The diagonal is correct classifications. Off-diagonal cells are the confusions that matter. Confusions tend to cluster among semantically similar classes — intents sharing trigger words, product categories overlapping in attributes. The fix is usually a feature engineering pass on the confused pair, not a global hyperparameter tweak.
What's the difference between per-class precision and macro precision?
Per-class precision is computed independently for each class — N numbers for N classes. Macro precision is the unweighted mean. Weighted precision is the mean weighted by class support. The three diverge on imbalanced data: per-class for diagnostics, macro when every class matters equally, weighted when business value is proportional to support.
Why is F1 = 2 × precision × recall / (precision + recall)?
F1 is the harmonic mean of precision and recall. The harmonic mean penalizes the smaller value more than the arithmetic mean would — a model with precision 1.0 and recall 0.01 has an arithmetic mean of 0.505 but an F1 of 0.02. The model that catches one fraud out of a thousand is not "good on average," it's broken on recall, and the metric should say so.

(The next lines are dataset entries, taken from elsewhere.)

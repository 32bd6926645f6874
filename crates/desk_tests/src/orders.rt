//! Orders to pumps: what is counted of them, and that pumps work at once.
ghost use Rattle.std.specs.Prelude.{◌≡◌};

use crate::calls::insert;
use crate::desks::limits;
use change_list::{Item, Write};
use crossbeam_channel::{Receiver, unbounded};
use desk::{Desk, Seat, Taker};
use history::{BlankHistory, Naming};
use interval_class::{Interval, Intervals};
use key_class::Refusal;
use pumps::{Gate, Order, Pumped, Pumps};
use std::alloc::Global;
use std::marker::Brand;
use std::process::Abort;
use std::rt::Clock;
use std::sync::Wait;
use std::sync::atomic::{AtomicBool, AtomicU64, Ordering};
use std::sync::ledger::{Blank, Ledger};
use std::test::*;
use std::thread::Threads;
use std::time::Duration;
use std::{io, thread};
use test_support::all;

/// A runtime that counts pauses of a millisecond instead of making them.
#[derive(Drop)]
struct Hurried<'r, R> {
    rt: &'r R,
    pauses: AtomicU64,
}

impl<R: Wait> Wait for Hurried<'_, R> {}

impl<R: Threads> Threads for Hurried<'_, R> {}

impl<R: Clock> Clock for Hurried<'_, R> {
    fn monotonic(&self) -> io::Result<Duration> {
        self.rt.monotonic()
    }

    fn since_1970(&self) -> io::Result<Duration> {
        self.rt.since_1970()
    }

    fn sleep(&self, duration: Duration) {
        if duration == Duration::from_millis(1) {
            let _before = self.pauses.fetch_add(1, Ordering::SeqCst);
        }
    }
}

/// A gate that counts how often it is asked. It never opens for cursor 1, and for cursor 2 only at the 10,000th time.
#[derive(Drop)]
struct Counting {
    asks: AtomicU64,
    asks_of_second: AtomicU64,
}

impl Gate for Counting {
    fn may_turn(&self, cursor: u64) -> bool {
        let _before = self.asks.fetch_add(1, Ordering::SeqCst);
        match cursor {
            1 => false,
            2 => self.asks_of_second.fetch_add(1, Ordering::SeqCst) >= 9_999,
            _ => true,
        }
    }
}

/// More turns than a cursor can make: the fourth has three rows and a page to read, the seventh has no room for the last
/// row, the eighth is closed and there is no ninth.
static TOO_MANY: [Order; 6] = [
    Order::Turn(4, 9),
    Order::Turn(7, 9),
    Order::Turn(8, 3),
    Order::Turn(9, 3),
    Order::Turn(5, 0),
    Order::Stop,
];

/// The first cursor is never let go.
static HELD: [Order; 3] = [Order::Turn(1, 2), Order::Turn(3, 2), Order::Stop];

static STOPPED: [Order; 4] = [
    Order::Turn(3, 1),
    Order::Stop,
    Order::Turn(3, 1),
    Order::Turn(5, 1),
];

/// For three pumps, which end when no order and no sender is left.
static UNSTOPPED: [Order; 4] = [
    Order::Turn(5, 3),
    Order::Turn(1, 1),
    Order::Turn(6, 4),
    Order::Turn(1, 5),
];

/// An order for a cursor whose gate opens at the last question.
static LET_GO: [Order; 2] = [Order::Turn(2, 1), Order::Stop];

/// The results of orders: how many turns were made, orders skipped, questions asked of the gate, and pauses made; and how many
/// orders were left over.
type Done = (u64, u64, u64, u64, usize);

/// Orders that wait for pumps, from a sender that is gone.
fn sent<R: Wait>(rt: &R, alloc: Global, orders: &[Order]) -> Result<Receiver<Order>, Refusal> {
    let (to, from) = unbounded(alloc)?;
    for order in orders {
        if to.send(rt, *order).is_err() {
            return Err(Refusal::OutOfMemory);
        }
    }
    Ok(from)
}

/// Lets this many pumps carry out orders.
fn carried_out<L: Ledger + Naming + Send + Sync, R: Threads + Wait + Clock + Sync>(
    rt: &R,
    alloc: Global,
    desk: &Desk<Intervals, L>,
    pumps: usize,
    orders: &[Order],
) -> Result<Done, Refusal> {
    let hurried = Hurried {
        rt,
        pauses: AtomicU64::new(0),
    };
    let gate = Counting {
        asks: AtomicU64::new(0),
        asks_of_second: AtomicU64::new(0),
    };
    let pumps = Pumps::new(pumps, gate)?;
    let orders = sent(rt, alloc, orders)?;
    let pumped = pumps.run(&hurried, alloc, desk, &orders)?;
    let asks = pumps.gate().asks.load(Ordering::SeqCst);
    let pauses = hurried.pauses.load(Ordering::SeqCst);
    Ok((pumped.turns, pumped.skipped, asks, pauses, orders.len()))
}

/// Inserts three rows and opens eight cursors on them, and closes the last one.
fn prepare<L: Ledger + Naming, R: Wait>(
    rt: &R,
    desk: &Desk<Intervals, L>,
    seat: &mut Seat<Intervals, L>,
) -> Result<(), Refusal> {
    for low in 1..4 {
        let _number = insert(rt, desk, seat, Interval::new(low, low)?)?;
    }
    for room in [16, 16, 16, 16, 16, 16, 2] {
        let _taker = desk.open_cursor(rt, seat, all(), room)?;
    }
    let _reply = desk.open_cursor(rt, seat, all(), 16)?.give_up(rt);
    Ok(())
}

/// Carries out orders, one list after the other. An order is skipped after 10,000 questions, and counts once; then comes the
/// next. A turn that is refused ends its order, and isn't counted. There is a pause between two questions.
fn carry_out_all<L: Ledger + Naming + Send + Sync, R: Threads + Wait + Clock + Abort + Sync>(
    rt: &R,
    alloc: Global,
    desk: &Desk<Intervals, L>,
    seat: &mut Seat<Intervals, L>,
) -> Result<(), Refusal> {
    prepare(rt, desk, seat)?;
    let done = carried_out(rt, alloc, desk, 1, &TOO_MANY)?;
    assert!(rt; done == (7, 0, 11, 0, 0));
    let done = carried_out(rt, alloc, desk, 1, &HELD)?;
    assert!(rt; done == (2, 1, 10_002, 10_000, 0));
    let done = carried_out(rt, alloc, desk, 1, &STOPPED)?;
    assert!(rt; done == (1, 0, 1, 0, 2));
    let done = carried_out(rt, alloc, desk, 3, &UNSTOPPED)?;
    assert!(rt; done == (7, 2, 20_007, 20_000, 0));
    let done = carried_out(rt, alloc, desk, 1, &LET_GO)?;
    assert!(rt; done == (1, 0, 10_000, 9_999, 0));
    Ok(())
}

/// A gate that is shut for cursor 1 until it is let go.
#[derive(Drop)]
struct Held {
    is_open: AtomicBool,
}

impl Gate for Held {
    fn may_turn(&self, cursor: u64) -> bool {
        cursor != 1 || self.is_open.load(Ordering::SeqCst)
    }
}

/// A client that takes rows.
trait Taking: Drop {
    /// Takes an item, if there is one: the number of its row, or 0 for any other item.
    fn take_row(&mut self) -> Option<u64>;
}

impl<'d, L: Ledger + Naming> Taking for Taker<'d, Intervals, L> {
    fn take_row(&mut self) -> Option<u64> {
        match self.take()? {
            Item::Row(row) => Some(row.row),
            _ => Some(0),
        }
    }
}

fn await_row<T: Taking, R: Clock>(rt: &R, taker: &mut T) -> Option<u64> {
    for _ in 0..10_000 {
        if let Some(row) = taker.take_row() {
            return Some(row);
        }
        thread::sleep(rt, Duration::from_millis(1));
    }
    None
}

/// Takes a row from the second cursor, and then lets the first go.
fn take_both<T: Taking, R: Clock>(
    rt: &R,
    gate: &Held,
    mut first: T,
    mut second: T,
) -> (Option<u64>, Option<u64>) {
    let later = await_row(rt, &mut second);
    gate.is_open.store(true, Ordering::SeqCst);
    (await_row(rt, &mut first), later)
}

/// Lets a client take items in a thread of its own while pumps run.
fn pump_and_take<L, T, R>(
    rt: &R,
    alloc: Global,
    desk: &Desk<Intervals, L>,
    pumps: &Pumps<Held>,
    orders: &Receiver<Order>,
    first: T,
    second: T,
) -> ((Option<u64>, Option<u64>), Result<Pumped, Refusal>)
where
    L: Ledger + Naming + Send + Sync,
    T: Taking + Send,
    R: Threads + Wait + Clock + Sync,
{
    let gate = pumps.gate();
    thread::join(
        rt,
        || take_both(rt, gate, first, second),
        || pumps.run(rt, alloc, desk, orders),
    )
}

/// Two turns of each of two cursors, and then the end for each of two pumps.
static BOTH: [Order; 4] = [
    Order::Turn(1, 2),
    Order::Turn(2, 2),
    Order::Stop,
    Order::Stop,
];

/// Two pumps, of which one waits at the gate while the other serves what opens it. What both clients took, and what the
/// pumps did.
fn pump_two<L: Ledger + Naming + Send + Sync, R: Threads + Wait + Clock + Abort + Sync>(
    rt: &R,
    alloc: Global,
    desk: &Desk<Intervals, L>,
    first: Taker<'_, Intervals, L>,
    second: Taker<'_, Intervals, L>,
) -> Result<((Option<u64>, Option<u64>), Result<Pumped, Refusal>), Refusal> {
    let is_open = AtomicBool::new(false);
    let pumps = Pumps::new(2, Held { is_open })?;
    let from = sent(rt, alloc, &BOTH)?;
    Ok(pump_and_take(rt, alloc, desk, &pumps, &from, first, second))
}

/// A row, and two cursors with an item's room each.
fn pump_both<L: Ledger + Naming + Send + Sync, R: Threads + Wait + Clock + Abort + Sync>(
    rt: &R,
    alloc: Global,
    desk: &Desk<Intervals, L>,
    seat: &mut Seat<Intervals, L>,
) -> Result<(), Refusal> {
    let _number = insert(rt, desk, seat, Interval::new(5, 5)?)?;
    let first = desk.open_cursor(rt, seat, all(), 1)?;
    let second = desk.open_cursor(rt, seat, all(), 1)?;
    let (taken, pumped) = pump_two(rt, alloc, desk, first, second)?;
    let wanted = Pumped {
        turns: 4,
        skipped: 0,
    };
    assert!(rt; taken == (Some(1), Some(1)) && pumped == Ok(wanted));
    Ok(())
}

/// What is tested at a desk.
#[derive(Clone, Copy)]
enum Subject {
    Counts,
    TwoPumps,
}

fn one_seat<L: Ledger + Naming + Send + Sync, R: Threads + Wait + Clock + Abort + Sync>(
    rt: &R,
    alloc: Global,
    blank: Blank,
    history: BlankHistory<Write<Interval>>,
    subject: Subject,
) -> Result<(), Refusal>
    requires name { blank.name ≡ L.name }
    requires parts { blank.parts ≡ L.parts }
    requires history { history ≡ L.history }
    requires one { blank.parts ≡ 1 }
{
    let (desk, mut seats) = Desk::<Intervals, L>::new(alloc, blank, history, limits(64, 99), 1)?;
    match subject {
        Subject::Counts => carry_out_all(rt, alloc, &desk, &mut seats[0]),
        Subject::TwoPumps => pump_both(rt, alloc, &desk, &mut seats[0]),
    }
}

#[test]
fn orders_are_counted(rt: HostRuntime) -> Result<(), Fail> {
    let (blank, history) = (Blank::new(1), BlankHistory::new());
    one_seat::<Brand, _>(&rt, rt.alloc(), blank, history, Subject::Counts)?;
    Ok(())
}

#[test]
fn pumps_work_at_once(rt: HostRuntime) -> Result<(), Fail> {
    let (blank, history) = (Blank::new(1), BlankHistory::new());
    one_seat::<Brand, _>(&rt, rt.alloc(), blank, history, Subject::TwoPumps)?;
    Ok(())
}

When is accuracy the wrong metric to report?
On any dataset with class imbalance — fraud, churn, click-through, medical screening. A 99 percent positive or 1 percent positive class collapses accuracy to "predict the majority." Report the four-cell matrix and the base rate; let the consumer compute the ratios. Accuracy is only honest when classes are roughly balanced and the costs of FP and FN are equal.
Can I compute the confusion matrix on continuous probabilities directly?
No — the four-cell structure is defined on discrete labels. If you have only probabilities, threshold first or use a probability-aware metric. The closest probabilistic analogs are the Brier score (mean squared error of probability versus outcome) and AUC ROC (threshold-free ranking quality). For calibration, a reliability diagram with binned probabilities is the right tool.